Untargeted Metabolomics on Dried Blood Spots for Diagnosing and Investigating Rare Hereditary Anemia
Rare hereditary anemias (RHA) include a large variety of intrinsic defects of the erythrocyte and erythropoiesis. Our knowledge of the pathophysiology of RHAs has improved dramatically recently. However, in a substantial number of patients, the clinical phenotype does not fit classical criteria of disease, response to therapy is unexpectely poor, or a molecular defect cannot be identified. In addition, in patients with well-described genetic defects, there is often no clear genotype-phenotype correlation. We here report on untargeted metabolomics on dried blood spots to identify metabolic disease fingerprints for various RHAs.
Untargeted metabolomics profiling was applied on dried blood spots (DBS) from patients and controls. We used direct infusion high resolution mass spectrometry (DI-HRMS) following previously established protocols. This technique detects thousands of metabolites simultaneously, thereby providing a comprehensive overview of the metabolic status of samples. Statistical analysis was performed in MetaboAnalyst and Graphpad-Prism. Machine learning algorithms and classifications were designed and executed within R-software.
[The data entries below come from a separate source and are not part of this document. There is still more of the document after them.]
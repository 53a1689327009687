//! `evidence make`: the evidence records of many files, by the stamp of the root of the tree over their digests
//! (RFC 4998 4.2).
ghost use Rattle.std.specs.Prelude.{◌≡◌, [], IfErr, IfOk, OnOk};
ghost use Rattle.cli_making.specs.Adding.{Adds};
ghost use Rattle.cli_making.specs.Leaves.{AreReady};
ghost use Rattle.cli_making.specs.Making.{AreMade, ArePut, AreRecordsWritten, EachFile};
ghost use Rattle.cli_making.specs.Stamps.{IsStamp};
ghost use Rattle.cli_making.specs.Unmade.{FailsAt, IsUnmade, IsUntested, MakesNoRecords, StopsAt};

use crate::given::given_by;
use crate::lines::{test_line, write_line};
use crate::placing::Puts;
use crate::stamp::{Stamp, stamp_of};
use crate::sums::{sums_in, tree_over};
use crate::system::System;
use cli_failures::Failure;
use cli_tasks::MakeWords;
use digests::Alg;
use evidence_sums::Sums;
use std::alloc::Global;
use std::rt::Files;

/// Makes the record of each line of the sums that a file states, by the token that another file holds, and puts it
/// below a folder, as `FOLDER/NAME.ers`: `make_all` over the files of the system.
///
/// Both files are read before one is judged.
///
/// Errors: no algorithm has the name; a file can't be read; and those of `make_all`.
#[inline(never)]
pub fn make_records<'a, R: Files + AllocGlobal>(
    rt: &R,
    words: &MakeWords<'a>,
) -> Result<Vec<u8>, Failure<'a>>
    // Why not all records were made.
    ensures failed { IfErr result (MakesNoRecords R.File.remaining words.now) }
    // Nothing is printed.
    ensures quiet { IfOk result (λ text. text.items ≡ []) }
    // Of each line the octets of the record are in a file that was opened, if it is known what such a file holds.
    ensures made { OnOk result (AreRecordsWritten R.File.remaining R.File.contents words.now) }
{
    let given = given_by(rt, words.alg, words.sums, words.token)?;
    let (text, token) = (given.text.as_slice(), given.token.as_slice());
    let mut puts = System::new(rt);
    make_all(rt.alloc(), &mut puts, words.into, given.alg, text, token)?;
    Ok(Vec::new(rt.alloc()))
}

/// Makes the record of each line of a text of sums by this algorithm, by a token over the root of the tree over their
/// digests, and puts it below a folder, by the line's name.
///
/// Before the first record is put, all are made and tested. Then each is made again, and put in turn.
///
/// Errors: U1, U2, U5 and U6 of the sums; U7 and U8 of the token; U10; a record can't be put below the folder; memory
/// is refused. Nothing is put if the sums or the token are refused, or a test fails.
pub fn make_all<'a, P: Puts>(
    alloc: Global,
    puts: &mut P,
    folder: &str,
    alg: Alg,
    text: &[u8],
    token: &[u8],
) -> Result<(), Failure<'a>>
    // The records of all lines were put, each by its line's name, in their order, and no other files.
    ensures made { OnOk result (AreMade P.ways P.did (P.put puts.old) (P.put puts.new) folder.now alg text.now
        token.now) }
    // After a failure nothing was put; or a test found that all can be put, no rule refuses, and the first were.
    ensures failed { IfErr result (IsUnmade P.ways (P.put puts.old) (P.put puts.new) folder.now alg text.now
        token.now) }
{
    let sums = sums_in(alloc, alg, text)?;
    let tree = tree_over(alloc, alg, &sums)?;
    let by = stamp_of(&tree, token)?;
    test_records(alloc, &by, puts, folder, &sums)?;
    write_records(alloc, &by, puts, folder, &sums)
}

/// Makes the record of each line, and tests whether it can be put below a folder.
fn test_records<'a, P: Puts>(
    alloc: Global,
    by: &Stamp,
    puts: &P,
    folder: &str,
    sums: &Sums,
) -> Result<(), Failure<'a>>
    requires lines { AreReady by.now.tree.now sums.now }
    requires stamp { IsStamp by.now }
    ensures tested { OnOk result (EachFile P.ways.can folder.now by.now.tree.now by.now.token.now sums.now) }
    ensures failed { IfErr result (IsUntested P.ways folder.now by.now.tree.now by.now.token.now sums.now) }
{
    let mut left = sums.again();
    while let Some((sum, others)) = left.next() {
        test_line(alloc, by, puts, folder, &sum)?;
        left = others;
    }
    Ok(())
}

/// Makes the record of each line in turn, and puts it below a folder.
fn write_records<'a, P: Puts>(
    alloc: Global,
    by: &Stamp,
    puts: &mut P,
    folder: &str,
    sums: &Sums,
) -> Result<(), Failure<'a>>
    requires lines { AreReady by.now.tree.now sums.now }
    requires stamp { IsStamp by.now }
    ensures written { OnOk result (ArePut P.did (P.put puts.old) (P.put puts.new) folder.now by.now.tree.now
        by.now.token.now sums.now) }
    ensures failed { IfErr result (λ f. (stop : StopsAt
        (λ s g. FailsAt P.ways folder.now by.now.tree.now by.now.token.now s g) folder.now by.now.tree.now
        by.now.token.now sums.now f) × Adds (P.put puts.old) (P.put puts.new) stop.files) }
{
    let mut left = sums.again();
    while let Some((sum, others)) = left.next() {
        write_line(alloc, by, puts, folder, &sum)?;
        left = others;
    }
    Ok(())
}
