//! What `evidence request` and `evidence make` do: the sums of many files that they read, the request and the records
//! that they write (RFC 4998 4.2), and how they fail. Begin with `specs/Making.antt`.
#![tactic(auto)]

mod algorithm;
mod given;
mod lines;
mod make;
mod names;
mod placing;
mod request;
mod stamp;
mod sums;
mod system;

pub use given::{Given, given_by};
pub use make::{make_all, make_records};
pub use names::{has_text, text_of};
pub use placing::Puts;
pub use request::make_root_request;
pub use stamp::{Stamp, stamp_of};
pub use sums::sums_in;
pub use system::System;
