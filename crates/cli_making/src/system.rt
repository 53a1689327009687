/// The files of the system.
#[derive(Drop)]
pub struct System<'r, R> {
    /// What gives them.
    pub rt: &'r R,
}

impl<'r, R> System<'r, R> {
    /// Those that `rt` gives.
    pub fn new(rt: &'r R) -> System<'r, R> {
        System { rt }
    }
}
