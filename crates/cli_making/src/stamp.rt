//! A token over the root of a hash tree.
ghost use Rattle.std.specs.Prelude.{◌≡◌, IfErr, IfOk};
ghost use Rattle.cli_making.specs.Stamps.{IsStamp, StampsNoTree};

use cli_failures::Failure;
use der_time::Moment;
use evidence_making::stamp_of_root;
use evidence_trees::Tree;

/// A token over the root of a hash tree, and its moment.
#[derive(Clone, Copy)]
pub struct Stamp<'t> {
    /// The tree.
    pub tree: &'t Tree,
    /// The token.
    pub token: &'t [u8],
    /// Its moment.
    pub moment: Moment,
}

/// The stamp of a tree by a token over its root.
///
/// Errors: U7, U8.
pub fn stamp_of<'t, 'a>(tree: &'t Tree, token: &'t [u8]) -> Result<Stamp<'t>, Failure<'a>>
    // It has this tree and this token.
    ensures has { IfOk result (λ s. (s.tree.now ≡ tree.now) × (s.token.now ≡ token.now)) }
    // The token stamps the root of the tree with this moment.
    ensures stamps { IfOk result IsStamp }
    // The token doesn't stamp the root.
    ensures refused { IfErr result (StampsNoTree tree.now token.now) }
{
    let moment = stamp_of_root(token, &tree.root())?;
    Ok(Stamp {
        tree,
        token,
        moment,
    })
}
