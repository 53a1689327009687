//! The hash tree over the digests that a text of sums states.
ghost use Rattle.std.specs.Prelude.{◌≡◌, ◌<◌, ◌^◌, ◌⊎◌, ℕ, List, Ok, IfErr, IfOk, length, map};
ghost use Rattle.evidence_trees.specs.HashTrees.{HashTree};
ghost use Rattle.evidence_sums.specs.SumLines.{SumValue};
ghost use Rattle.evidence_sums.specs.Sums.{sums_of};
ghost use Rattle.cli_making.specs.Sums.{AreNamed, AreStated, IsTreeOver, LacksMemory, RefusesSums, StatesNone};

use crate::names::test_names;
use cli_failures::Failure;
use digests::{Alg, Digest};
use evidence_sums::Sums;
use evidence_trees::Tree;
use std::alloc::{AllocError, Global};

/// What a text of sums by this algorithm states, whatever the names.
#[tactic(auto, using(crate::proofs::Stated::states_none))]
fn stated_in<'a, 't>(alloc: Global, alg: Alg, text: &'t [u8]) -> Result<Sums<'t>, Failure<'a>>
    ensures found { IfOk result (λ sums. sums_of alg text.now ≡ Ok sums) }
    ensures refused { IfErr result (λ f. LacksMemory alg text.now f ⊎ StatesNone alg text.now f) }
{
    match Sums::read(alloc, alg, text) {
        Ok(sums) => Ok(sums),
        Err(fault) => Err(Failure::from(fault)),
    }
}

/// What a text of sums by this algorithm states, with names that are text.
///
/// Errors: U1, U2, U5 and U6; memory is refused.
pub fn sums_in<'a, 't>(alloc: Global, alg: Alg, text: &'t [u8]) -> Result<Sums<'t>, Failure<'a>>
    // The text states them.
    ensures found { IfOk result (λ sums. sums_of alg text.now ≡ Ok sums) }
    // Their names are text.
    ensures named { IfOk result AreNamed }
    // Why they are refused.
    ensures refused { IfErr result (RefusesSums alg text.now) }
{
    let sums = stated_in(alloc, alg, text)?;
    test_names(alloc, &sums)?;
    Ok(sums)
}

/// The digests of lines, in their order.
fn digests_of(alloc: Global, sums: &Sums) -> Result<Vec<Digest>, AllocError>
    ensures { IfOk result (λ digests. digests.items ≡ map (λ s. s.digest) sums.now) }
{
    let mut digests = Vec::new(alloc);
    let mut left = sums.again();
    while let Some((sum, others)) = left.next() {
        digests.push(sum.digest(alloc)?)?;
        left = others;
    }
    Ok(digests)
}

/// The tree over the digests of the lines of a text. It takes memory for the digests, and what `Tree::of` takes.
pub fn tree_over(alloc: Global, alg: Alg, sums: &Sums) -> Result<Tree, AllocError>
    // A text states them.
    requires { (text : List ℕ) × (sums_of alg text ≡ Ok sums.now) }
    ensures { IfOk result (IsTreeOver alg sums.now) }
{
    let digests = digests_of(alloc, sums)?;
    Tree::of(alloc, alg, digests.as_slice())
}

/// The root of the tree over the digests that a text of sums by this algorithm states.
///
/// Errors: U1, U2, U5 and U6; memory is refused.
pub fn root_in<'a>(alloc: Global, alg: Alg, text: &[u8]) -> Result<Digest, Failure<'a>>
    ensures found { IfOk result (λ root. (sums : List SumValue) × (tree : HashTree)
        × AreStated alg text.now sums tree root) }
    ensures refused { IfErr result (RefusesSums alg text.now) }
{
    let sums = sums_in(alloc, alg, text)?;
    let tree = tree_over(alloc, alg, &sums)?;
    Ok(tree.root())
}
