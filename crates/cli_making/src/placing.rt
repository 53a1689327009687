use crate::system::System;
use cli_failures::{Failure, files};
use std::rt::Files;

/// Puts files below folders: the system, or what stands for it in a test.
pub trait Puts {
    ghost use Rattle.std.specs.Prelude.{ℕ, List, [], ◌∷◌, Option, IfErr, OnErr, OnOk};
    ghost use Rattle.cli_making.specs.Adding.{Adds};
    ghost use Rattle.cli_making.specs.Placing.{Placed, Ways, placed};

    // What is known of its tests and failures. No contract of `Files` says which path is written: here names stand for
    // what is asked of the system, by which the contracts say which octets are put where.
    ghost ways: { Ways };

    // That a file was put.
    ghost did: { Placed → Type 0 };

    // The files that were put so far, in their order, if that is known. One that is there already with just these
    // octets counts as put.
    ghost put: { Self → Option (List Placed) };

    /// Tests whether these octets can be put as the file `FOLDER/NAME.ers`.
    fn test_file<'p>(&self, folder: &str, name: &str, octets: &[u8]) -> Result<(), Failure<'p>>
        // A test found that they can be put.
        ensures can { OnOk result (ways.can (placed folder.now name.now octets.now)) }
        // Why they can't be put.
        ensures fails { IfErr result (ways.fails (placed folder.now name.now octets.now)) };

    /// Puts them there, after a test.
    fn put_file<'p>(&mut self, folder: &str, name: &str, octets: &[u8]) -> Result<(), Failure<'p>>
        // The file was put.
        ensures did { OnOk result (did (placed folder.now name.now octets.now)) }
        // Why it was not.
        ensures fails { IfErr result (ways.fails (placed folder.now name.now octets.now)) }
        // After a success this file was put, and no other.
        ensures adds { OnOk result (Adds (put self.old) (put self.new) (placed folder.now name.now octets.now ∷ [])) }
        // After a failure none was.
        ensures none { OnErr result (Adds (put self.old) (put self.new) []) };
}

impl<R: Files + AllocGlobal> Puts for System<'_, R> {
    ghost use Rattle.std.specs.Prelude.{None};
    ghost use Rattle.cli_making.specs.Placing.{SystemPut, system_ways};

    ghost ways = { system_ways R.File.remaining };

    ghost did = { SystemPut R.File.remaining R.File.contents };

    ghost put = { λ _. None };

    fn test_file<'p>(&self, folder: &str, name: &str, octets: &[u8]) -> Result<(), Failure<'p>> {
        files::test_below(self.rt, folder, name, octets)
    }

    fn put_file<'p>(&mut self, folder: &str, name: &str, octets: &[u8]) -> Result<(), Failure<'p>> {
        files::write_below(self.rt, folder, name, octets)
    }
}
For all investigated anemias (Pyruvate Kinase Defiency (PKD), Hereditary Spherocytosis (HS), and Diamond Blackfan anemia (DBA)) patients and controls yield distinct metabolic profiles. Different approaches, using both supervised and unsupervised multivariate analyses confirmed unique DBS disease fingerprints, with generally evident clustering for controls and more heterogeneity for patients. Discriminative metabolites contributing to this fingerprint were identified, which could serve as potential biomarkers. For PKD, glycolytic intermediates contribute to the fingerprint, as expected, but also numerous acyl-carnitines and polyamines were identified. Interestingly, none of the discriminative parameters correlate with biochemical parameters like reticulocyte count or hemoglobin levels, indicating we are observing disease-specific pathophysiological phenomena instead of only a metabolic signature of anemia.
For both PKD and DBA, where the diagnostic workflow and clinical practice still present challenges, binary classification models were constructed using support vector machine learning. In both disorders, models were validated with new patient samples, and classification proved highly accurate with excellent performance characteristics (Accuracy 94-95%, AUC 0.979-0.990). In addition, we demonstrated that a small subgroup of congenital dyserythropoietic anemia patients, another hypoplastic non-regenerative anemia, is characterized by a completely distinct DBS-profile compared to DBA patients, further underlining the differential diagnostic potential of our approach.
Apart from diagnostic applications, discriminating metabolites in the respective fingerprints can provide novel leads for investigating pathophysiological mechanisms and clinical phenomena, as illustrated for HS, where we observed deregulated polyamine metabolism that significantly correlates with clinical severity and RBC deformability parameters.
In general, the application of untargeted metabolomics in DBS is a novel functional tool that holds promise for diagnostic stratification and studies on disease pathophysiology in RHA. This non-invasive and minimally laborious method provides a comprehensive overview of metabolic disturbances in RHA, that might eventually reveal potential therapeutic targets.